Chandler reviewed some of Colorado’s provisions while drafting a bill she filed this session, House Bill 99. Among other changes, it would allow attorneys to seek punitive damages only after the legal discovery process is complete by meeting a middle-ground of proof with “clear and convincing” evidence. 

Chandler’s bill would also cap punitive damages paid by clinicians and hospitals at different levels, using the thresholds already applied to non-economic damages. Rep. Jenifer Jones, a Deming Republican, pre-filed her own bill, House Bill 107, which uses the highest “beyond a reasonable doubt” standard for punitive damages and allows hospitals to be fined up to three times their compensatory cap.

Curtis said capping punitive damages is “the worst thing that we could ever do” because the only verdict that will chasten a behemoth hospital is a penalty proportional to its budget. “Capping punitive damages just means they can never, ever feel any pain for the decisions they make that hurt people,” she said.

As an alternative, a third bill being crafted by House Majority Floor Leader Reena Szczepanski, a Santa Fe Democrat, would protect doctor’s personal assets from punitive damage verdicts.

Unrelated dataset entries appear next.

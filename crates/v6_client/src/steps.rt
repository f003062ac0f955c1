//! The steps that the rows of the table are made of.

ghost use Rattle.std.specs.Prelude.{◌≡◌, ◌≤◌};
ghost use Rattle.v6_client.specs.Exchanges as exchanges;
ghost use Rattle.v6_client.specs.Steps as steps;
ghost use Rattle.v6_client.specs.Times.{FitsTurn};

use crate::exchange::{Exchange6, begun, solicit_parameters};
use crate::states::{Keep6, News6, Say6, State6, Step6};
use crate::times::{RESTART_TIME, elapsed, first_delay};
use crate::turn::Turn6;
use v6_items::Parting6;
use v6_message::Kind6;
use v6_retrans::parameters::{DECLINE, REBIND, RENEW, REQUEST};
use v6_retrans::{Parameters, draw_positive_rand, draw_rand};

// ---- where a client goes, and what it says on the way

/// The client stands so, and nothing is said.
pub(crate) fn goes_to(state: State6, last: Option<u32>) -> Step6
    ensures { result ≡ steps.goes_to state last }
{
    Step6 {
        state,
        last,
        keep: Keep6::Stays,
        say: None,
        news: News6::Nothing,
        spends: false,
    }
}

pub(crate) fn rests(turn: Turn6, state: State6) -> Step6
    ensures { result ≡ steps.rests turn state }
{
    goes_to(state, turn.last)
}

/// The message of an exchange is said.
fn speaks(turn: Turn6, kind: Kind6, exchange: Exchange6, state: State6) -> Step6
    ensures { result ≡ steps.speaks turn kind exchange state }
{
    Step6 {
        say: Some(Say6 {
            kind,
            xid: exchange.xid,
            elapsed: elapsed(exchange.began, turn.at),
        }),
        ..goes_to(state, Some(exchange.xid))
    }
}

/// The first SOLICIT waits for the delay.
pub(crate) fn to_waiting(turn: Turn6) -> Step6
    requires { FitsTurn turn }
    ensures { result ≡ steps.to_waiting turn }
{
    let due = turn.at + first_delay(turn);
    rests(turn, State6::Waiting { due })
}

/// A SOLICIT of this exchange.
pub(crate) fn soliciting(turn: Turn6, exchange: Exchange6) -> Step6
    ensures { result ≡ steps.soliciting turn exchange }
{
    let state = State6::Soliciting {
        exchange,
        offer: None,
    };
    speaks(turn, Kind6::Solicit, exchange, state)
}

/// The first SOLICIT.
pub(crate) fn solicits(turn: Turn6) -> Step6
    requires { FitsTurn turn }
    ensures { result ≡ steps.solicits turn }
{
    let rand = draw_positive_rand(turn.salt, turn.site.iface.index);
    soliciting(turn, begun(turn, solicit_parameters(turn), rand))
}

/// A new exchange of a message other than SOLICIT.
fn new_exchange(turn: Turn6, parameters: Parameters) -> Exchange6
    requires turn { FitsTurn turn }
    requires day { parameters.irt ≤ 86400000 }
    ensures { result ≡ exchanges.begun turn parameters (exchanges.rand_in turn) }
{
    begun(
        turn,
        parameters,
        draw_rand(turn.salt, turn.site.iface.index),
    )
}

/// A REQUEST of this exchange.
pub(crate) fn requesting(turn: Turn6, exchange: Exchange6) -> Step6
    ensures { result ≡ steps.requesting turn exchange }
{
    speaks(
        turn,
        Kind6::Request,
        exchange,
        State6::Requesting { exchange },
    )
}

/// The first REQUEST.
pub(crate) fn requests(turn: Turn6) -> Step6
    requires { FitsTurn turn }
    ensures { result ≡ steps.requests turn }
{
    requesting(turn, new_exchange(turn, REQUEST))
}

/// A RENEW of this exchange.
pub(crate) fn renewing(turn: Turn6, exchange: Exchange6) -> Step6
    ensures { result ≡ steps.renewing turn exchange }
{
    speaks(turn, Kind6::Renew, exchange, State6::Renewing { exchange })
}

/// The first RENEW.
pub(crate) fn renews(turn: Turn6) -> Step6
    requires { FitsTurn turn }
    ensures { result ≡ steps.renews turn }
{
    renewing(turn, new_exchange(turn, RENEW))
}

/// A REBIND of this exchange for the items that are held.
pub(crate) fn rebinding(turn: Turn6, exchange: Exchange6) -> Step6
    ensures { result ≡ steps.rebinding turn exchange }
{
    speaks(
        turn,
        Kind6::Rebind,
        exchange,
        State6::Rebinding { exchange },
    )
}

/// The first REBIND for the items that are held.
pub(crate) fn rebinds(turn: Turn6) -> Step6
    requires { FitsTurn turn }
    ensures { result ≡ steps.rebinds turn }
{
    rebinding(turn, new_exchange(turn, REBIND))
}

/// A REBIND of this exchange for the items of the kept lease that were valid at `since`.
pub(crate) fn restarting(
    turn: Turn6,
    exchange: Exchange6,
    end: u64,
    since: u64,
    stands: bool,
) -> Step6
    ensures { result ≡ steps.restarting turn exchange end since stands }
{
    let state = State6::Restarting {
        exchange,
        end,
        since,
        stands,
    };
    speaks(turn, Kind6::Rebind, exchange, state)
}

/// The first REBIND for the items of the kept lease that are valid now. A client that stands holds them from now on.
pub(crate) fn restarts(turn: Turn6, stands: bool) -> Step6
    requires { FitsTurn turn }
    ensures { result ≡ steps.restarts turn stands }
{
    let exchange = new_exchange(turn, REBIND);
    let news = if stands {
        News6::Changed
    } else {
        News6::Nothing
    };
    Step6 {
        news,
        ..restarting(turn, exchange, turn.at + RESTART_TIME, turn.at, stands)
    }
}

/// A DECLINE of this exchange.
pub(crate) fn declining(turn: Turn6, exchange: Exchange6) -> Step6
    ensures { result ≡ steps.declining turn exchange }
{
    speaks(
        turn,
        Kind6::Decline,
        exchange,
        State6::Declining { exchange },
    )
}

/// The first DECLINE.
pub(crate) fn declines(turn: Turn6) -> Step6
    requires { FitsTurn turn }
    ensures { result ≡ steps.declines turn }
{
    declining(turn, new_exchange(turn, DECLINE))
}

// ---- the end of items

/// The last one goes.
pub(crate) fn is_last(parting: Parting6) -> bool
    ensures { result ≡ steps.is_last parting }
{
    parting.goes && !parting.stays
}

/// Where the last one goes there is no kept lease any more.
pub(crate) fn keep_by(parting: Parting6) -> Keep6
    ensures { result ≡ steps.keep_by parting }
{
    if is_last(parting) {
        Keep6::Clears
    } else {
        Keep6::Stays
    }
}

/// A change of the kept lease is news where there is no other.
fn news_or_changed(news: News6) -> News6
    ensures { result ≡ steps.news_or_changed news }
{
    match news {
        News6::Nothing => News6::Changed,
        News6::Bound
        | News6::Reboot
        | News6::Renew
        | News6::Rebind
        | News6::Changed
        | News6::Expire
        | News6::Stop => news,
    }
}

/// Where items go, the step tells it.
pub(crate) fn tells_parting(parting: Parting6, step: Step6) -> Step6
    ensures { result ≡ steps.tells_parting parting step }
{
    if parting.goes {
        return Step6 {
            news: news_or_changed(step.news),
            ..step
        };
    }
    step
}

/// No item is left: servers are looked for anew, and none is kept.
fn loses(turn: Turn6) -> Step6
    requires { FitsTurn turn }
    ensures { result ≡ steps.loses turn }
{
    Step6 {
        keep: Keep6::Clears,
        news: News6::Changed,
        ..to_waiting(turn)
    }
}

/// No item is held any more.
pub(crate) fn expires(turn: Turn6) -> Step6
    requires { FitsTurn turn }
    ensures { result ≡ steps.expires turn }
{
    Step6 {
        news: News6::Expire,
        ..loses(turn)
    }
}

/// No item of a restart is left.
pub(crate) fn emptied(turn: Turn6, stands: bool) -> Step6
    requires { FitsTurn turn }
    ensures { result ≡ steps.emptied turn stands }
{
    if stands {
        return expires(turn);
    }
    loses(turn)
}

/// No server answered a restart: the lease stays kept, and isn't held.
pub(crate) fn unanswered(turn: Turn6, stands: bool) -> Step6
    requires { FitsTurn turn }
    ensures { result ≡ steps.unanswered turn stands }
{
    let news = if stands {
        News6::Expire
    } else {
        News6::Nothing
    };
    Step6 {
        news,
        ..to_waiting(turn)
    }
}

/// The items of a Reply are held and kept.
pub(crate) fn binds(turn: Turn6, news: News6) -> Step6
    ensures { result ≡ steps.binds turn news }
{
    Step6 {
        keep: Keep6::Takes,
        news,
        ..rests(turn, State6::Bound)
    }
}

She explained, “Whether punitive damages end up being awarded or not, if you start at the get-go thinking that potentially you could lose everything, that is not something that I want to see.”

A difficult path in a brief session

Momentum may be building around narrow changes to medical malpractice, but significant rifts remain.

A major hurdle is a group of Democrats who describe many of the state’s hospitals as private-equity controlled, money-hungry businesses, and who don’t want to grant them an inch of relief. Rep. Marianna Anaya, an Albuquerque Democrat, said in an interview that changing independent doctors’ exposure to punitive damages “should be on the table,” but not “big corporate hospitals.”

According to close observers, the chokepoint is likely the Senate Judiciary Committee. Of the committee’s eight current members, two Democrats — chairman Sen. Joseph Cervantes of Las Cruces and Sen. Katy Duhigg, from Albuquerque — are themselves medical malpractice attorneys who have opposed reforms throughout the interim. If they remain on the committee and vote no, reformers could only afford to lose one more lawmaker if they want the committee’s approval.

During an interim hearing, Duhigg said the real problem was the prevalence of negligence in New Mexican medical care. “None of the solutions here before us today do anything to reduce medical malpractice,” she told her colleagues. “They just reduce lawsuits.”

But residents shouldn’t expect malpractice reforms to change health care one way or another, according to Michelle Mello, a law professor at Stanford who is a leading expert on how litigation impacts health care practice. “Americans cling to the tort system despite its gross inefficiencies out of the belief that it is making care better, making doctors more careful. Unfortunately,” she said, “we don't actually observe that.”